I'll third the request for a full list of minis.

I would also like to know if there are any hooks for _P1: King of the Trollhaunt Warrens_ in it.


p.s. Thanks, Shroomy, for the fluff about the arboreans, although I note that it still doesn't really tell us what they look like. Is there a picture of them at least? Do their statblocks and/or the encounters in which they appear have descriptive text?
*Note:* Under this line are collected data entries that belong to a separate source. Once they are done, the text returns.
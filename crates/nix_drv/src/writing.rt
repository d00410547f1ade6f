//! Writing a derivation's text.

ghost use Rattle.std.specs.Prelude.{◌≡◌, ◌++◌, OnOk, is_some, length, count_by};
ghost use Rattle.nix_drv.specs.Strings.{spelling, string_text, letter};
ghost use Rattle.nix_drv.specs.private.Passing.{offset_after};
ghost use Rattle.nix_drv.specs.Outcome.{IsWriting};

use crate::derivation::Derivation;
use crate::escapes::{letter_of, plain_len};
use crate::fault::DrvFault;
use std::alloc::{AllocError, Global};

// Adds the text that the byte has within a string.
fn write_byte(out: &mut Vec<u8>, byte: u8) -> Result<(), AllocError>
    ensures { OnOk result (out.new.items ≡ out.old.items ++ spelling byte) }
{
    match letter_of(byte) {
        Some(letter) => out.extend_from_slice(&[b'\\', letter]),
        None => out.extend_from_slice(&[byte]),
    }
}

/// Adds the text that a string has in a derivation's text, with its quotes. Takes time in
/// proportion to the bytes. Want of memory is its only fault.
pub fn write_string(out: &mut Vec<u8>, bytes: &[u8]) -> Result<(), AllocError>
    ensures { OnOk result (out.new.items ≡ out.old.items ++ string_text bytes.now) }
{
    out.extend_from_slice(b"\"")?;
    let mut rest = bytes;
    'runs: loop {
        let (run, special) = rest.split_at(plain_len(rest));
        out.extend_from_slice(run)?;
        let [byte, after @ ..] = special else {
            break;
        };
        write_byte(out, *byte)?;
        rest = after;
    }
    out.extend_from_slice(b"\"")
}

// The number of the bytes that have an escape.
fn escapes_in(bytes: &[u8]) -> usize
    ensures { result ≡ count_by (λ b. is_some (letter b)) bytes.now }
{
    bytes
        .iter()
        .filter(|byte| letter_of(**byte).is_some())
        .count()
}

// The offset after the string's text, which begins at this offset. An offset above `usize::MAX`
// counts as `usize::MAX`.
pub(crate) fn pass_str(bytes: &[u8], offset: usize) -> usize
    ensures { result ≡ offset_after offset (length (string_text bytes.now)) }
{
    offset
        .saturating_add(bytes.len())
        .saturating_add(escapes_in(bytes))
        .saturating_add(2)
}

/// The derivation's text. Answers `DrvFault::NoMemory` where memory is refused, and no other
/// fault. Takes time in proportion to the bytes.
pub fn write(alloc: Global, derivation: &Derivation) -> Result<Vec<u8>, DrvFault>
    ensures { IsWriting derivation.now result }
{
    let mut text = Vec::new(alloc);
    derivation.write_to(&mut text)?;
    Ok(text)
}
I think that's my biggest disappointment with the 4e MM: no descriptive text.


----------



## Shroomy (Aug 15, 2008)

pukunui said:


> I'll third the request for a full list of minis.
> 
> I would also like to know if there are any hooks for _P1: King of the Trollhaunt Warrens_ in it.
> 
> ...




There is a hook to P1 in the adventure, but since I'm at work, I don't have the details in front of me right now (I do remember its similar to the loose linkage between H1-H2-H3); the same for the monster list, though I can list some from memory such as:

[sblock]
Dwarf Bolter
Human Bandit
Rage Drake
Ettin Headtaker
Carrion Crawler
Zombie Rotters
Howling Hag
Arboreans
Dire Boar
Satyr Piper
Foulspawn (various types)
Wailing Ghost (Banshee)
Quickling Runner
Harpies
Sahuagin
Succubus
Hellguard Legion Devil
Dragonborn Fighter
Adult White Dragon
[/sblock]

I'll try to post a more complete list when I get home, though there is a lot of variety in the adventure.  Again, at least for me, H3 invokes a nostalgic tone, given the prevalence of deadly traps and such a wide variety of monsters living in such close quarters (its coupled with a more modern ecological explanation and lots of possible NPC interaction).
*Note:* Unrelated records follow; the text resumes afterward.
//! Store derivations: reading and writing them, their own paths, and where their bytes come from.
//!
//! | Module | What is in it |
//! |---|---|
//! | `derivation`, `derivation_eq` | a derivation and its parts, and when two are equal |
//! | `reading` | reading a derivation from its text |
//! | `writing` | writing a derivation's text |
//! | `escapes` | the bytes that strings write by an escape |
//! | `element` | lists of elements: reading, ordering and writing them |
//! | `forms` | reading, writing and copying a derivation's parts |
//! | `text_paths` | the store path of a text with references |
//! | `check` | whether a derivation stands at its own path |
//! | `source` | where the bytes of derivations come from |
//! | `listing` | a source that is a list of files in memory |
//! | `fault` | why bytes are no derivation, or not at its own path |
//! | `laws` | laws of the definitions that contracts use |
#![tactic(auto)]

mod check;
mod derivation;
mod derivation_eq;
mod element;
mod escapes;
mod fault;
mod forms;
pub mod laws;
mod listing;
mod reading;
mod source;
mod text_paths;
mod writing;

pub use check::{check_digested_text, check_text, references};
pub use derivation::{Derivation, EnvEntry, Input, Output, Parts};
pub use fault::DrvFault;
pub use listing::{ListSource, ListedFile};
pub use reading::{MAX_LEN, read};
pub use source::{DrvSource, SourceFault};
pub use text_paths::{named_text_path, text_path};
pub use writing::{write, write_string};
BTW, the Arboreans do come with a picture (its kind of creepy IMO) and descriptive text.


----------



## Shroomy (Aug 15, 2008)

Yep, I think that the artwork in the adventure is even more impressive then what they provided in H2; there is a lot more things to show your players.
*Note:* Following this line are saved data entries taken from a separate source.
//! The lists of a derivation, and what their elements have in common.

ghost use Rattle.std.specs.Prelude.{◌≡◌, ◌++◌, IfOk, OnOk, length, map, option_map, vec_capacity};
ghost use Rattle.nix_drv.specs.Grammar.{Grammar, Value, Free, Many, text, IsClear};
ghost use Rattle.nix_drv.specs.Order.{key as key_of, breaks as breaks_of};
ghost use Rattle.nix_drv.specs.private.Listings.{sign_at, list_read, list_text, others_text, order_of};
ghost use Rattle.nix_drv.specs.private.Reading.{elements_of, read as read_of};
ghost use Rattle.nix_drv.specs.private.Passing.{pass as pass_of};
ghost use Rattle.nix_drv.specs.private.ParseFaults.{Gives};

use crate::fault::ParseFault;
use crate::reading::fixed_of;
use std::alloc::{AllocError, Global};

// An element of a list, which can be read, written, copied and compared by its key.
pub(crate) trait Element {
    // The form of its text.
    ghost form: { Grammar };

    // The element as a value of the form.
    ghost value: { Self → Value form };

    // The bytes by which the elements of a list that must rise are compared.
    fn key(&self) -> &[u8]
        ensures { result.now ≡ key_of form (value self.now) };

    // The element at the head of the bytes, and the bytes after it.
    fn read(alloc: Global, bytes: &[u8]) -> Result<(Self, &[u8]), ParseFault>
        ensures { Gives (λ x. (value x.0, x.1.now)) result (read_of form bytes.now) };

    // The offset after the element's text, which begins at this offset, or the offset of the first
    // element within it that breaks the order of its list.
    fn pass(&self, offset: usize) -> Result<usize, usize>
        ensures { result ≡ pass_of form offset (value self.now) };

    // Adds the element's text.
    fn write(&self, out: &mut Vec<u8>) -> Result<(), AllocError>
        ensures { OnOk result (out.new.items ≡ out.old.items ++ text form (value self.now)) };

    // A copy of the element.
    fn copy(&self, alloc: Global) -> Result<Self, AllocError>
        ensures { IfOk result (λ copy. value copy ≡ value self.now) };

    // The form is clear, and its first byte tells an element from the end of a list.
    ghost clear: { IsClear (Many Free form) };
}

// Whether the elements of a list must rise by their keys.
#[derive(Clone, Copy)]
pub(crate) enum KeyOrder {
    Rising,
    Free,
}

// What follows an element: a comma, or the end of the list.
enum Next {
    Comma,
    End,
}

// What the head of the bytes is, and the bytes after it.
fn next_of(bytes: &[u8]) -> Result<(Next, &[u8]), ParseFault>
    ensures { Gives (λ x. (x.0, x.1.now)) result (sign_at bytes.now) }
{
    match bytes {
        [] => Err(ParseFault::Left(0)),
        [b',', rest @ ..] => Ok((Next::Comma, rest)),
        [b']', rest @ ..] => Ok((Next::End, rest)),
        _ => Err(ParseFault::Left(bytes.len())),
    }
}

// The list at the head of the bytes, and the bytes after it.
pub(crate) fn read_list<T: Element + Drop>(
    alloc: Global,
    bytes: &[u8],
) -> Result<(Vec<T>, &[u8]), ParseFault>
    ensures { Gives (λ x. (map T.value x.0.items, x.1.now)) result
        (list_read (read_of T.form) bytes.now) }
{
    let rest = fixed_of(bytes, b"[")?;
    match rest {
        [b']', tail @ ..] => Ok((Vec::new(alloc), tail)),
        _ => read_elements(alloc, rest),
    }
}

// The elements of a list of one or more elements, and the bytes after the list. The bytes begin
// after the list's first bracket.
fn read_elements<T: Element + Drop>(
    alloc: Global,
    bytes: &[u8],
) -> Result<(Vec<T>, &[u8]), ParseFault>
    ensures { Gives (λ x. (map T.value x.0.items, x.1.now)) result
        (elements_of (read_of T.form) bytes.now) }
{
    let mut rest = bytes;
    let mut items = Vec::new(alloc);
    'items: loop {
        let (item, after) = T::read(alloc, rest)?;
        items.push(item)?;
        match next_of(after)? {
            (Next::Comma, tail) => rest = tail,
            (Next::End, tail) => return Ok((items, tail)),
        }
    }
}

// Whether an element with this key breaks the order of its list. The element before it, if there is
// one, has the key `before`.
fn breaks(order: KeyOrder, before: Option<&[u8]>, key: &[u8]) -> bool
    ensures { result ≡ breaks_of (order_of order) (option_map (λ k. k.now) before.entry) key.now }
{
    match (order, before) {
        (KeyOrder::Rising, Some(before)) => !before.cmp(key).is_lt(),
        _ => false,
    }
}

// The offset after the list's text, which begins at this offset, or the offset of the first element
// that breaks the order of its list. An offset above `usize::MAX` counts as `usize::MAX`.
#[tactic(auto, unfolding(crate::specs::private::Passing::pass))]
pub(crate) fn pass_list<T: Element>(
    order: KeyOrder,
    items: &[T],
    offset: usize,
) -> Result<usize, usize>
    ensures { result ≡ pass_of (Many (order_of order) T.form) offset (map T.value items.now) }
{
    if items.is_empty() {
        return Ok(offset.saturating_add(2));
    }
    let mut at = offset.saturating_add(1);
    let mut before: Option<&[u8]> = None;
    'items: for item in items {
        let key = item.key();
        if breaks(order, before, key) {
            return Err(at);
        }
        at = item.pass(at)?.saturating_add(1);
        before = Some(key);
    }
    Ok(at)
}

// Adds the list's text.
pub(crate) fn write_list<T: Element>(items: &[T], out: &mut Vec<u8>) -> Result<(), AllocError>
    ensures { OnOk result
        (out.new.items ≡ out.old.items ++ list_text (text T.form) (map T.value items.now)) }
{
    let [first, others @ ..] = items else {
        return out.extend_from_slice(b"[]");
    };
    out.extend_from_slice(b"[")?;
    first.write(out)?;
    write_others(others, out)?;
    out.extend_from_slice(b"]")
}

// Adds a comma and the element's text for each of these elements.
fn write_others<T: Element>(others: &[T], out: &mut Vec<u8>) -> Result<(), AllocError>
    ensures { OnOk result
        (out.new.items ≡ out.old.items ++ others_text (text T.form) (map T.value others.now)) }
{
    'others: for other in others {
        out.push(b',')?;
        other.write(out)?;
    }
    Ok(())
}

// A list of copies of the elements, with room for these alone.
pub(crate) fn copy_list<T: Element + Drop>(alloc: Global, items: &[T]) -> Result<Vec<T>, AllocError>
    ensures value { IfOk result (λ copies. map T.value copies.items ≡ map T.value items.now) }
    ensures room { IfOk result (λ copies. vec_capacity copies ≡ length items.now) }
{
    let mut copies = Vec::with_capacity(alloc, items.len())?;
    'items: for item in items {
        copies.push_reserved(item.copy(alloc)?);
    }
    Ok(copies)
}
BTW, since I'm at work right now, I'll check in periodically and try to answer your questions as best I can, though some answers may have to wait until later tonight.  So far, I've read the entire first booklet, as well as the first 5-6 encounters in booklet 2.


----------



## SPECTRE666 (Aug 15, 2008)

-Thanks. I am looking forward to getting this module.


*SPECTRE*


----------



## pukunui (Aug 15, 2008)

Shroomy said:


> There is a hook to P1 in the adventure, but since I'm at work, I don't have the details in front of me right now (I do remember its similar to the loose linkage between H1-H2-H3)



. Cool. I wasn't sure if there was going to be one judging from the description of P1 (that it's one in a series of adventures designed for the Paragon Tier)

I suppose you could also add one tiefling to the list of minis, eh? Isn't the "BBEG" at the end a tiefling? Or is he only pretending to be one?



> BTW, the Arboreans do come with a picture (its kind of creepy IMO) and descriptive text.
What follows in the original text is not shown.